[Python-Dev] PEP for Better Control of Nested Lexical Scopes (original) (raw)

Mark Russell mrussell at verio.net
Tue Feb 21 21:41:26 CET 2006


On 21 Feb 2006, at 19:25, Jeremy Hylton wrote:

If I recall the discussion correctly, Guido said he was open to a version of nested scopes that allowed rebinding.

PEP 227 mentions using := as a rebinding operator, but rejects the
idea as it would encourage the use of closures. But to me it seems
more elegant than some special keyword, especially is it could also
replace the "global" keyword. It doesn't handle things like "x += y"
but I think you could deal with that by just writing "x := x + y".

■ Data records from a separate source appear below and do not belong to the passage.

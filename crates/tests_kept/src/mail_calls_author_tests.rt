// Of how many blobs the texts of the authors are kept in an account that grows: a change reads the
// blobs that came before it.
use crate::asking::Asking::{self, Method, Upload};
use crate::asking::{answer_of, keeper, nothing, started};
use account_book::{Book, Rules};
use keep_port::Keeper;
use mail_calls::MailRules;
use std::alloc::Global;
use std::process::Abort;

const IMPORT: Asking = Method(
    "Email/import",
    "{\"accountId\":\"A\",\"emails\":{\"1\":{\"blobId\":\"b1\",\"mailboxIds\":{\"M1\":true}}}}",
);

// What is done in turn, and of how many blobs the texts are then kept.
const STEPS: &[(Asking, usize)] = &[
    (
        Method(
            "Mailbox/set",
            "{\"accountId\":\"A\",\"create\":{\"a\":{\"name\":\"A\"}}}",
        ),
        0,
    ),
    (Upload("From: Ann <a@x>\n\none"), 0),
    (Upload("From: Bob <b@x>\n\ntwo"), 1),
    (IMPORT, 2),
    (Upload(""), 2),
    (IMPORT, 3),
];

fn expect_each<A: Abort, K: Keeper, R: Rules>(
    rt: &A,
    alloc: Global,
    book: &mut Book<K, R>,
    steps: &[(Asking, usize)],
) {
    for (asking, authors) in steps {
        let _ = answer_of(rt, alloc, book, *asking);
        assert_eq!(rt; book.account().blobs().authors().len(), *authors);
    }
}

// Takes the steps on an account over this keeper.
fn expect_steps<A: Abort, K: Keeper, R: Rules>(rt: &A, alloc: Global, keeper: K, rules: R) {
    let mut book = started(rt, alloc, keeper, rules);
    expect_each(rt, alloc, &mut book, STEPS);
    let _ = book.end();
}

#[test]
fn the_authors_of_blobs_are_read_by_the_next_change(rt: HostRuntime) {
    let alloc = rt.alloc();
    let empty = keeper(&rt, alloc, nothing(alloc), 0);
    expect_steps(&rt, alloc, empty, MailRules);
}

BTW I do think there are some cases where replacing a closure with a
class is not an improvement. For example (and assuming the existence
of :=):

 def check_items(items):
     had_error = False

     def err(mesg):
         print mesg
         had_error := True

     for item in items:
         if too_big(item):
             err("Too big")
         if too_small(item):
             err("Too small")

     if had_error:
         print "Some items were out of range"

Using a class for this kind of trivial bookkeeping just adds
boilerplate and obscures the main purpose of the code:

 def check_items(items):
     class NoteErrors (object):
         def __init__(self):
             self.had_error = False

         def __call__(self, mesg):
             print mesg
             self.had_error = True

     err = NoteErrors()

     for item in items:
         if too_big(item):
             err("Too big")
         if too_small(item):
             err("Too small")

     if err.had_error:
         print "Some items were out of range"

Any chance of := (and removing "global") in python 3K?